■ **YOUR OBJECTIVE**:
Report only how many lines below include "Rattle".

Extracted records:
===

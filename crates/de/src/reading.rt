// What the functions of the reader hand down beside a type: where a value of it stands.
use de_leaf_output::Typed;

// A value of a type, the pointer width, and the levels left.
#[derive(Clone, Copy)]
pub struct Reading {
    pub typed: Typed,
    pub width: u8,
    pub left: usize,
}

// A field's block, and its entry of a plan.
#[derive(Clone, Copy)]
pub struct Member {
    pub f: u32,
    pub entry: u64,
    pub width: u8,
    pub left: usize,
}

// Dimension d of array t, the block that its record declares, and the type of the array's elements.
#[derive(Clone, Copy)]
pub struct Place {
    pub named: u32,
    pub d: u8,
    pub t: u32,
    pub element: Typed,
    pub width: u8,
    pub left: usize,
}

// What a field is in the bytes of its struct: its type, and the bytes from the first number up to the second; or the refusal, document
// 01's number and the block that 7 carries (else 0).
#[derive(Clone, Copy)]
pub enum Part {
    Value(Typed, usize, usize),
    Stop(u8, u32),
}
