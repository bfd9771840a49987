//! Values.
ghost use Rattle.std.specs.Prelude.{◌≡◌, ◌≤◌, ◌<◌, ◌+◌, ◌*◌, ◌^◌};
ghost use Rattle.at_value.specs.Widths.{functions, part_bits};
ghost use Rattle.at_value.specs.Parts.{part, held, IsPart};
ghost use Rattle.at_value.specs.Reading.{parts_at};

use crate::bits::{joined, split};
use crate::number::{Class, Func, Name, Obj};
use std::marker::Model;

/// A property: a function for reading, one for writing and one for deleting, each where it is given, after the
/// built-in `property` of Python. Contracts see a record of three options, `get`, `set` and `del`.
///
/// Each part is stored as the function's number and one more, and 0 where it isn't given, so that a `Value` stays
/// small.
#[derive(Clone, Copy, Debug, PartialEq, Eq)]
pub struct Prop {
    get: u16,
    set: u16,
    del: u16,
}

impl Model for Prop {
    ghost use Rattle.at_value.specs.Parts.{PropertyParts};

    ghost Value = { PropertyParts };

    ghost use Rattle.at_value.specs.Properties.{parts_of, inside_of, AreParts, inside_of-parts_of};

    ghost view = { parts_of };

    ghost invariant = { AreParts };

    ghost inverse = { inside_of };

    ghost inverse_ok = { λ p _. inside_of-parts_of p };
}

impl Prop {
    const PART_BITS: u32 = 16;

    /// The greatest number that holds a part.
    const MOST: u64 = Func::COUNT as u64;

    /// A property with these parts.
    pub fn new(get: Option<Func>, set: Option<Func>, del: Option<Func>) -> Prop
        ensures { result ≡ record { get = get; set = set; del = del } }
    {
        Prop {
            get: held_part(get),
            set: held_part(set),
            del: held_part(del),
        }
    }

    /// The function that reads.
    pub fn get(self) -> Option<Func>
        ensures { result ≡ self.get }
    {
        part_at(self.get)
    }

    /// The function that writes.
    pub fn set(self) -> Option<Func>
        ensures { result ≡ self.set }
    {
        part_at(self.set)
    }

    /// The function that deletes.
    pub fn del(self) -> Option<Func>
        ensures { result ≡ self.del }
    {
        part_at(self.del)
    }

    pub(crate) fn number(self) -> u64
        ensures same { result ≡ (held self.del * 2 ^ part_bits + held self.set) * 2 ^ part_bits + held self.get }
        ensures range { result < 2 ^ (3 * part_bits) }
        ensures parts { IsPart self.get × IsPart self.set × IsPart self.del }
    {
        let above = joined(u64::from(self.del), Self::PART_BITS, u64::from(self.set));
        joined(above, Self::PART_BITS, u64::from(self.get))
    }

    pub(crate) fn of_number(n: u64) -> Option<Prop>
        ensures { result ≡ parts_at n }
    {
        let (get, above) = split(n, Self::PART_BITS);
        let (set, del) = split(above, Self::PART_BITS);
        if get <= Self::MOST && set <= Self::MOST && del <= Self::MOST {
            Some(Prop {
                get: get as u16,
                set: set as u16,
                del: del as u16,
            })
        } else {
            None
        }
    }
}

fn held_part(part: Option<Func>) -> u16
    ensures same { result ≡ held part }
    ensures range { result ≤ functions }
{
    match part {
        Some(function) => function.number() + 1,
        None => 0,
    }
}

fn part_at(number: u16) -> Option<Func>
    requires { number ≤ functions }
    ensures { result ≡ part number }
{
    if number == 0 {
        None
    } else {
        Func::new(number - 1)
    }
}

/// A value, as an attribute, a variable or a reply has it.
#[derive(Clone, Copy, Debug, PartialEq, Eq)]
pub enum Value {
    /// Python's `None`.
    Nothing,
    /// An integer.
    Int(i32),
    /// A text, known by its number among the names and texts of the script.
    Text(Name),
    /// A function.
    Func(Func),
    /// A property.
    Prop(Prop),
    /// A staticmethod of this function.
    Static(Func),
    /// A classmethod of this function.
    ClassM(Func),
    /// A class.
    Class(Class),
    /// An object that is no class.
    Obj(Obj),
}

===

■ **YOUR RESPONSE**:
6